◆ **Exercise aim**: Each line of the data below holding the word "behind" must be copied.

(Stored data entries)
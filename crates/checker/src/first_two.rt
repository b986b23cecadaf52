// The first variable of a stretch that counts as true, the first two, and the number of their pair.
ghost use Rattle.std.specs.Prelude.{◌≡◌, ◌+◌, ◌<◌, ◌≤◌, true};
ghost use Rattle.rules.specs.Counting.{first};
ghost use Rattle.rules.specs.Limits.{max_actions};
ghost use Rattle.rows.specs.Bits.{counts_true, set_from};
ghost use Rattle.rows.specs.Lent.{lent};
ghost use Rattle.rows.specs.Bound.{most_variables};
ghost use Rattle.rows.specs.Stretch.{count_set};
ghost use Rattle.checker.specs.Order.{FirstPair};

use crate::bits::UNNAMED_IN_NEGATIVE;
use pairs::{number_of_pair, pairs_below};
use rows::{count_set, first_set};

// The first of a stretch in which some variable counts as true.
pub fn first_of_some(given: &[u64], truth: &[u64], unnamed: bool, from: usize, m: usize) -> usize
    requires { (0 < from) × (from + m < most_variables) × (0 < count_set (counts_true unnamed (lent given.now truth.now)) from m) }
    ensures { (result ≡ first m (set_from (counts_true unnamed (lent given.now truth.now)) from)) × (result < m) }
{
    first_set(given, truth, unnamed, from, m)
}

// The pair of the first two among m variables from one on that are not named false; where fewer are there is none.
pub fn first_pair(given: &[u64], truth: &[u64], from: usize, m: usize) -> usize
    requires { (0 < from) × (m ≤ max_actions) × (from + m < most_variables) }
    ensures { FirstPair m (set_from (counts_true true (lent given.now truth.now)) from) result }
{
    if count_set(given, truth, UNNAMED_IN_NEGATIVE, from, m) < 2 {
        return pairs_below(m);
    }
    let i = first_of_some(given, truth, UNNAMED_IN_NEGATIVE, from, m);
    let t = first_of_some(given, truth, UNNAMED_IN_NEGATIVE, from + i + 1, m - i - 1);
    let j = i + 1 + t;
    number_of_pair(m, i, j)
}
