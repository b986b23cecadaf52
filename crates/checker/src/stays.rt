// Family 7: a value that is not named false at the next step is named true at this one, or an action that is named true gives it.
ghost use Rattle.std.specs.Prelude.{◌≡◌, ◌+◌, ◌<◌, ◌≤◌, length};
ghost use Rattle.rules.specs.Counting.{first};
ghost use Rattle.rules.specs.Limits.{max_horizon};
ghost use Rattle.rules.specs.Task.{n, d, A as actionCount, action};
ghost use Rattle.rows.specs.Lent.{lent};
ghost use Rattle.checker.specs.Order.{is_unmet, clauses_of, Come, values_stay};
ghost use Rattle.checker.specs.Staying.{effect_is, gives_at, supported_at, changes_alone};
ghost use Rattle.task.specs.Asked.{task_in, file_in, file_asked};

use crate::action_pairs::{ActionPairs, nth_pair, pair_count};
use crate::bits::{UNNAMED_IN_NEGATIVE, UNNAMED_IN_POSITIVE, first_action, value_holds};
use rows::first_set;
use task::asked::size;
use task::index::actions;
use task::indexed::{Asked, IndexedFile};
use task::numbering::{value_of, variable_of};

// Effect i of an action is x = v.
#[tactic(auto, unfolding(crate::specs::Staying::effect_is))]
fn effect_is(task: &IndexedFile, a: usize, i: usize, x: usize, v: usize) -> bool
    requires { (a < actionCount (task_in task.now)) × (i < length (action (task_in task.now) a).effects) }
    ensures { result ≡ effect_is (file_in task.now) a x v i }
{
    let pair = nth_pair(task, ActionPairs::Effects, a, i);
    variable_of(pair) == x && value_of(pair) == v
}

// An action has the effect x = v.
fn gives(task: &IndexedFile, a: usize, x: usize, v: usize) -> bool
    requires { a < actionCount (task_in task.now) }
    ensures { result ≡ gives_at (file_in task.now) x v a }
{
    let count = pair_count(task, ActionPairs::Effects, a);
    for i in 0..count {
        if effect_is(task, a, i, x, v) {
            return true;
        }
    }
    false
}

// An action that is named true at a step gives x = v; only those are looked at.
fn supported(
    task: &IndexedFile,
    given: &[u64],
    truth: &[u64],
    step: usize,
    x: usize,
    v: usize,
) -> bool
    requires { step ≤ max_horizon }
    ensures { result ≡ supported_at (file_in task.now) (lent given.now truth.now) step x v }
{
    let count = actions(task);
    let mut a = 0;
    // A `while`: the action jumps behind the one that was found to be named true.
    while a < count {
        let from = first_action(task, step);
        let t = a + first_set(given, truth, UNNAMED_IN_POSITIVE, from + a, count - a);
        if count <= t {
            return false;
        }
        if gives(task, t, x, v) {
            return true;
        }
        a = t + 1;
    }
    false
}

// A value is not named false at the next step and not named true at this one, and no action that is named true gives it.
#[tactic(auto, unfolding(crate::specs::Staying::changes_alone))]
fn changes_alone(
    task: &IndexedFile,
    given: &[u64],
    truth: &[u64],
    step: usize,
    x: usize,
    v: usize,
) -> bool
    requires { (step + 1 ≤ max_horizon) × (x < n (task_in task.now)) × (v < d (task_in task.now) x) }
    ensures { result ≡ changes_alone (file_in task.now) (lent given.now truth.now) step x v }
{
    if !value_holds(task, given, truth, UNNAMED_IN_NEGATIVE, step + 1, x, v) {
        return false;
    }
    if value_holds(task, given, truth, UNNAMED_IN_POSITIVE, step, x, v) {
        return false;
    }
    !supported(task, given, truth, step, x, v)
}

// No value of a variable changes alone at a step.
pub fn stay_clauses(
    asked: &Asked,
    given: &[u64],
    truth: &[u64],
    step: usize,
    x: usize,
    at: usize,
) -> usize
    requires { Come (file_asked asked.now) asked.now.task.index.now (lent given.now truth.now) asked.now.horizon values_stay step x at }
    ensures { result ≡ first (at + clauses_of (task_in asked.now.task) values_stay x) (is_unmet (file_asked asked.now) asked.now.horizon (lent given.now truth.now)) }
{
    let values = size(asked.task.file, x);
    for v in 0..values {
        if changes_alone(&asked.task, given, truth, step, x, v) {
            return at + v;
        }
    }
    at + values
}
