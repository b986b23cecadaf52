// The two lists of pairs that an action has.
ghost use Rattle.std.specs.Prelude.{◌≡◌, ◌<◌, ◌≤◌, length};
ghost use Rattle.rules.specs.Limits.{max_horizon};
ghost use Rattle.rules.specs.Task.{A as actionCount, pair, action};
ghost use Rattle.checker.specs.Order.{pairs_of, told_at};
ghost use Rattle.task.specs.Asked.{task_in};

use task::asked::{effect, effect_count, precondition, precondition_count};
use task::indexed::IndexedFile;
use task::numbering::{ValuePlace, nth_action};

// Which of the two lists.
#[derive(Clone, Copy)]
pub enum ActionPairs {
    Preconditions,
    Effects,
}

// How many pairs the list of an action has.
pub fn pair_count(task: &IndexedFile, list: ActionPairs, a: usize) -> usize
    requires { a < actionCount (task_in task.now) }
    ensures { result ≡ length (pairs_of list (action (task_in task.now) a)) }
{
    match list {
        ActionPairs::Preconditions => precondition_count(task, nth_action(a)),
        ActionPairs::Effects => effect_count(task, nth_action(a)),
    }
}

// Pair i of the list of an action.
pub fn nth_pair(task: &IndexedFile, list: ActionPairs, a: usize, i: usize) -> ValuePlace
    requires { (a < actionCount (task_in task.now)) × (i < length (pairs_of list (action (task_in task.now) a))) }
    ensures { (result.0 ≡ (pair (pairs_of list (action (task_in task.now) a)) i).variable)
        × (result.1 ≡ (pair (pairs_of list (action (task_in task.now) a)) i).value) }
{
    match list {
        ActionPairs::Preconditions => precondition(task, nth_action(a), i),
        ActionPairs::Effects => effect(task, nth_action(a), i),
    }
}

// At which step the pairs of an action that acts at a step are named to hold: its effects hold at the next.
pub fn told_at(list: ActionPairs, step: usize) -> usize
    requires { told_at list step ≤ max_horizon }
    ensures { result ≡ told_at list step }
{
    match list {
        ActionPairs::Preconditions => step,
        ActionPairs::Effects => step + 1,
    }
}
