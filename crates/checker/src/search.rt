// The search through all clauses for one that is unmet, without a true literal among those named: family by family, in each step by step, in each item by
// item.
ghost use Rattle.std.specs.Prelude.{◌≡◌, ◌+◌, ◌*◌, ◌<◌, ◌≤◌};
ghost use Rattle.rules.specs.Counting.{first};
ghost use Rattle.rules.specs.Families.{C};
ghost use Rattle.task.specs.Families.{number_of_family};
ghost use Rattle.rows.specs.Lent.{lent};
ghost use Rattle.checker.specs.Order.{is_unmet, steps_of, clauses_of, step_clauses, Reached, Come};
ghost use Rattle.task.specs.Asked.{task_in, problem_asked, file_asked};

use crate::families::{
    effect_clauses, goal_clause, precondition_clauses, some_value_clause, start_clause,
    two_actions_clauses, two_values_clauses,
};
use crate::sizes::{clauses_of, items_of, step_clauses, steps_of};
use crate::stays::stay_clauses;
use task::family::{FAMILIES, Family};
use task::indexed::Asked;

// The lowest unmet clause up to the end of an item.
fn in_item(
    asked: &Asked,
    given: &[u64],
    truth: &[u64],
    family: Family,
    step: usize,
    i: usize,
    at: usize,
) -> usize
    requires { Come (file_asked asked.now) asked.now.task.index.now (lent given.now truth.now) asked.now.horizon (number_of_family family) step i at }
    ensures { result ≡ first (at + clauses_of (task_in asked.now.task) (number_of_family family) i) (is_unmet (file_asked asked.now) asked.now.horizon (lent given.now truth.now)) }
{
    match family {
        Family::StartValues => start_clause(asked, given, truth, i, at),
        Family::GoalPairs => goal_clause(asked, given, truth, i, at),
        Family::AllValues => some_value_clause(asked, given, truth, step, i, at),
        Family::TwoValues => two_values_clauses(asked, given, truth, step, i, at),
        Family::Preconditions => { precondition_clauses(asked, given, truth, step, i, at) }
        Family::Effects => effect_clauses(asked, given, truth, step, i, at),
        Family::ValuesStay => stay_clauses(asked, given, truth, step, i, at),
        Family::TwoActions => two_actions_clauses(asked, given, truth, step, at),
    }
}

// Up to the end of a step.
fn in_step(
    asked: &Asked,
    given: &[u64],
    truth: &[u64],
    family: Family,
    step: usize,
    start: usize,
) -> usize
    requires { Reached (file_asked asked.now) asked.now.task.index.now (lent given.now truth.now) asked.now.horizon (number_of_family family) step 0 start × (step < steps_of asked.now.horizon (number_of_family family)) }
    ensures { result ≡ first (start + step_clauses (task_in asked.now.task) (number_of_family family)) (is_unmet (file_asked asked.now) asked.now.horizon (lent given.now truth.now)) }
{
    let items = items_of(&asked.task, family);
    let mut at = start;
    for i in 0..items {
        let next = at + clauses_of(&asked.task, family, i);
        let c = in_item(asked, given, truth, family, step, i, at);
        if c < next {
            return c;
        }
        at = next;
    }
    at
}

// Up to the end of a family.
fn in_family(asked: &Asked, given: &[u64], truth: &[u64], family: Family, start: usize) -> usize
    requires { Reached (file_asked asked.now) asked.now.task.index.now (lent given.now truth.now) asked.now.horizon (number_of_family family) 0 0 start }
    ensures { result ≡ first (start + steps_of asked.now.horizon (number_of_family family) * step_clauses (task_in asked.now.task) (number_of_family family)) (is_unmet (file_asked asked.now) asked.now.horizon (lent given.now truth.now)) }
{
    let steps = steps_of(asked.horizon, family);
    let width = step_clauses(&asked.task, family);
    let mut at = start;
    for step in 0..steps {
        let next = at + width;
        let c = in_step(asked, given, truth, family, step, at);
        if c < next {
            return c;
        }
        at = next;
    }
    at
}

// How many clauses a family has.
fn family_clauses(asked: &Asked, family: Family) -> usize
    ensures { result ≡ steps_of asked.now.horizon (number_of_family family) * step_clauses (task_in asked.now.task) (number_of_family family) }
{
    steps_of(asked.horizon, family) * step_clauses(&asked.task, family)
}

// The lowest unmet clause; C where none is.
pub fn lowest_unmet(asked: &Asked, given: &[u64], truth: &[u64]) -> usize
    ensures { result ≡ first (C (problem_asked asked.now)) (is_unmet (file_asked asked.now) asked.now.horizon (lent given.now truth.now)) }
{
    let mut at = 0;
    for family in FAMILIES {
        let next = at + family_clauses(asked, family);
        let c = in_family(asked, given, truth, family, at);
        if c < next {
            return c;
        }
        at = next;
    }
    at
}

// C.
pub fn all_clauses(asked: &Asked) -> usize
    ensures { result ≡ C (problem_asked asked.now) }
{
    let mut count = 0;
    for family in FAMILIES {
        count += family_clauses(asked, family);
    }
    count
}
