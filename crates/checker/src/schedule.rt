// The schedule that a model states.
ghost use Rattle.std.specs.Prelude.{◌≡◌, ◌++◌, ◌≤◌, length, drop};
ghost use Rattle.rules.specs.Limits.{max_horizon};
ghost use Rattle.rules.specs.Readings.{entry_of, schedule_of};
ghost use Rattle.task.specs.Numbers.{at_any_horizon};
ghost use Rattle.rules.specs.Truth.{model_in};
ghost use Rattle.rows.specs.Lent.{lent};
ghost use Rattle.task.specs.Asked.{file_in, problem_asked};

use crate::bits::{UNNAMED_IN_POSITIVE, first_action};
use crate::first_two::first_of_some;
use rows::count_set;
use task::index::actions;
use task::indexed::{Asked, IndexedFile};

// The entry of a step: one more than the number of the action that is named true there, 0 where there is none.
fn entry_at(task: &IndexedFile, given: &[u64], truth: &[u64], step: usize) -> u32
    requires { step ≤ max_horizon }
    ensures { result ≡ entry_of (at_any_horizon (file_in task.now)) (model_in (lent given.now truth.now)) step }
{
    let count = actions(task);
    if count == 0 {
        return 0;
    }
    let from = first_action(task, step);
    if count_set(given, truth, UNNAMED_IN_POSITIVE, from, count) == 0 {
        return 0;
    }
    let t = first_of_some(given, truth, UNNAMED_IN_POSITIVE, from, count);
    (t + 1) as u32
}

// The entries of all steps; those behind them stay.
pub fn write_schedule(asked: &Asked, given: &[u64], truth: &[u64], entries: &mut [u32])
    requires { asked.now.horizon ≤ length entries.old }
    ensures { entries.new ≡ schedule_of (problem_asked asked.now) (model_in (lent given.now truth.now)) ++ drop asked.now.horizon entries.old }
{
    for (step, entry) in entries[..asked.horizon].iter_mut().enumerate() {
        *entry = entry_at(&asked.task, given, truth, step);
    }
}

◆ **Output for this exercise**:
    // A `while`: the action jumps behind the one that was found to be named true.
// The entries of all steps; those behind them stay.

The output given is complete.